Immigration Minister Brandon Lewis moved to offer reassurance this week by saying the Government is creating a very simple application process for those who have been in the country for at least five years, where “somebody spends literally a few minutes online and, within a couple of weeks, your settled status is dealt with and granted.” The Migration Observatory has responded by warning of issues for hundreds of thousands of EU citizens who can’t prove their length of stay in the UK, and for elderly people living in relative poverty who may struggle to communicate in English and show signs of self-sufficiency.
While the Government has helpfully sought to reassure those Europeans who meet the five-year ‘threshold’ of acquiring Britishness, the criteria upon which those below this line will be judged remains unclear and there are continuing concerns around the Home Office’s capacity to handle the massive influx of applications starting from next year.

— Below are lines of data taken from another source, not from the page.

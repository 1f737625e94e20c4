//! The JSON value of an input.
ghost use Rattle.std.specs.Prelude.{IfErr};
ghost use Rattle.serde_json.specs.View.{view};
ghost use Rattle.mh_json.specs.Gives.{Gives, GivesAt, IsOfInput};
ghost use Rattle.mh_json.specs.Inputs.{json_in, json_of_input};

pub(crate) mod certificate;
pub(crate) mod claim;
pub(crate) mod declarations;
pub(crate) mod events;
pub(crate) mod form;
pub(crate) mod leaves;
pub(crate) mod limits;
pub(crate) mod links;
pub(crate) mod plan;
pub(crate) mod points;
pub(crate) mod problem;
pub(crate) mod scope;
pub(crate) mod script;
pub(crate) mod shape;
pub(crate) mod shared;
pub(crate) mod sites;
pub(crate) mod step;
pub(crate) mod trees;
pub(crate) mod values;
pub(crate) mod versions;
pub(crate) mod wanted;

use crate::fault::{Fault, InputFault};
use crate::json::wanted::Wanted;
use crate::misread::Misread;
use serde_json::Value;
use std::alloc::Global;

/// The most bytes that an input may have.
pub const LONGEST_INPUT: usize = 1_048_576;

/// Parses bytes as JSON, without a limit.
pub fn parse_json(alloc: Global, input: &[u8]) -> Result<Value, Misread>
    ensures value { Gives view result (json_in input.now) }
{
    match Value::from_slice(alloc, input) {
        Ok(value) => Ok(value),
        Err(error) => {
            if error.is_memory() {
                return Err(Misread::of(InputFault::NoMemory));
            }
            let wanted = Wanted::Json {
                line: error.line(),
                column: error.column(),
                is_cut: error.is_eof(),
            };
            Err(Misread::wanting(InputFault::NotJson, wanted))
        }
    }
}

/// Parses an input as JSON, after a test of its length.
pub fn read_json(alloc: Global, input: &[u8]) -> Result<Value, Fault>
    ensures value { GivesAt view result (json_of_input input.now) }
    ensures kind { IfErr result (λ e. IsOfInput e.kind) }
{
    if input.len() > LONGEST_INPUT {
        return Err(Fault::from(InputFault::TooLong));
    }
    Ok(parse_json(alloc, input)?)
}
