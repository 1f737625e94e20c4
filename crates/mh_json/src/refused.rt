//! Refused events of a script.
use mh_core::Refusal;

/// An event of a run that was refused.
#[derive(Clone, Copy, Debug, PartialEq, Eq)]
pub struct RefusedEvent {
    /// The event's number, from 1.
    pub event: u64,
    /// The reason for which it was refused.
    pub refusal: Refusal,
}
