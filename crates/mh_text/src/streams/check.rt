//! Checks of plans: bytes in, a line out.
ghost use Rattle.std.specs.Prelude.{◌≡◌, ◌≢◌, ◌+◌, ◌⊎◌, ℕ, List, Ok, Some, IfOk, IfErr, OnOk, IfSome, MatchResult};
ghost use Rattle.serde_json.specs.View.{view};
ghost use Rattle.std.specs.Io.KnownBytes.{Appends, IsAtEnd, Keeps};
ghost use Rattle.mh_text.specs.Bytes.{HasFailed, LosesAtMost};
ghost use Rattle.mh_json.specs.Inputs.{most_bytes};
ghost use Rattle.mh_json.specs.Gives.{no_memory, outside};
ghost use Rattle.mh_text.specs.Honest.{IsHonest, NoOtherFailed};
ghost use Rattle.mh_json.specs.declared.fault.TextFault.TheVariants.{WriteFailed};
ghost use Rattle.mh_text.specs.Checks.{IsVerdict, IsVerdictBy, IsCutOff, FailsCheck, FailsCheckBy, verdict_line};

use crate::lines::verdict::{Verdict, judge, line};
use crate::streams::claim::{read_value, read_whole};
use crate::streams::watched::Watched;
use mh_json::Fault;
use serde_json::Value;
use std::alloc::Global;
use std::io::{Read, Write};

/// Writes the line of a verdict, with its end: `accepted`, or `refused` with the number and the
/// name of the first part that is wrong.
///
/// Fails if a write fails, after a prefix of the line was written, or if memory runs out, and then
/// nothing is written; both are reported at 0.
pub fn write_verdict<W: Write>(
    alloc: Global,
    verdict: Verdict,
    writer: &mut Watched<W>,
) -> Result<(), Fault>
    ensures line { MatchResult result
        (λ _. Appends (W.contents writer.old.inner) (W.contents writer.new.inner)
        (verdict_line verdict)) (λ e.
        (Keeps (W.contents writer.old.inner) (W.contents writer.new.inner)
        × (e ≡ outside no_memory))
        ⊎ IsCutOff (W.contents writer.old.inner) (W.contents writer.new.inner)
        (HasFailed writer.old.failures writer.new.failures) e verdict) }
    ensures kept { OnOk result (writer.new.failures ≡ writer.old.failures) }
    ensures others { IfErr result (λ e. e.kind ≢ WriteFailed
        → writer.new.failures ≡ writer.old.failures) }
{
    let line = line(alloc, verdict)?;
    writer.write_all(line.as_bytes())?;
    Ok(())
}

/// Checks the plan that the reader contains together with its problem, writes a line with the
/// verdict, and returns it: `accepted`, or `refused` with the number and the name of the first part
/// that is wrong.
///
/// The input is a JSON object with a problem at the key `problem` (see `read_problem`) and a plan
/// at the key `plan` (see `read_plan`). It is read to its end, or to the first byte beyond
/// 1,048,576. The problem is read and made before the plan is read. If the input has a fault, or
/// memory runs out, nothing is written. If a write fails, a prefix of the line was written, and the
/// failure is reported at 0.
pub fn check_bytes<R: Read, W: Write>(
    alloc: Global,
    reader: &mut Watched<R>,
    writer: &mut Watched<W>,
) -> Result<Verdict, Fault>
    ensures ok { IfOk result (λ verdict. IfSome (R.remaining reader.old.inner)
        (λ input. IsVerdict input verdict)
        × Appends (W.contents writer.old.inner) (W.contents writer.new.inner)
        (verdict_line verdict)) }
    ensures failed { IfErr result (FailsCheck (R.remaining reader.old.inner)
        (W.contents writer.old.inner) (W.contents writer.new.inner)
        (HasFailed reader.old.failures reader.new.failures)
        (HasFailed writer.old.failures writer.new.failures)) }
    ensures honest { IsHonest result reader.old.failures reader.new.failures
        writer.old.failures writer.new.failures }
    ensures others { IfErr result (λ e. NoOtherFailed e.kind reader.old.failures
        reader.new.failures writer.old.failures writer.new.failures) }
    ensures end { OnOk result (IsAtEnd (R.remaining reader.new.inner)) }
    ensures most { LosesAtMost (most_bytes + 1) (R.remaining reader.old.inner)
        (R.remaining reader.new.inner) }
{
    let claim = read_whole(alloc, reader)?;
    let verdict = judge(alloc, &claim.problem, &claim.plan)?;
    write_verdict(alloc, verdict, writer)?;
    Ok(verdict)
}

/// Checks the plan in a JSON value that also contains its problem, and writes a line with the
/// verdict, as `check_bytes` does.
pub fn check_value<W: Write>(
    alloc: Global,
    value: &Value,
    writer: &mut Watched<W>,
) -> Result<Verdict, Fault>
    ensures ok { IfOk result (λ verdict. IsVerdictBy Ok (view value.now) verdict
        × Appends (W.contents writer.old.inner) (W.contents writer.new.inner)
        (verdict_line verdict)) }
    ensures failed { IfErr result (λ e. FailsCheckBy Ok (Some (view value.now))
        (W.contents writer.old.inner) (W.contents writer.new.inner)
        ⊥ (HasFailed writer.old.failures writer.new.failures) e) }
    ensures honest { IsHonest result 0 0 writer.old.failures writer.new.failures }
    ensures others { IfErr result (λ e. e.kind ≢ WriteFailed
        → writer.new.failures ≡ writer.old.failures) }
{
    let claim = read_value(alloc, value)?;
    let verdict = judge(alloc, &claim.problem, &claim.plan)?;
    write_verdict(alloc, verdict, writer)?;
    Ok(verdict)
}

It looks as though we’ll just have to wait and see how this goes.
What to do in DExEU?
What is everyone doing in DexEU? Despite the great migration of hundreds of Britain’s civil servants into the all-encompassing Department for Exiting the EU, figures released by the Institute for Government today reveal that DExEU has failed to respond to more than six out of ten freedom of information requests. This gives the Department the worst annual record for secrecy in Whitehall, and comes hot on the heels of David Davis’ bizarre admission that Brexit impact assessments do not exist.
There are obviously many hardworking and dedicated public servants muddling through the mire of Brexit, and there’s an extent to which all this secrecy makes sense: you know what they say about negotiating in public (they say that it’s bad). Also, the IFG loses me with its frustration over the Department’s alleged, “disregard for the principle of making decisions based on thorough evidence and analysis.” It’s as if they’ve forgotten that we’ve all had enough of experts.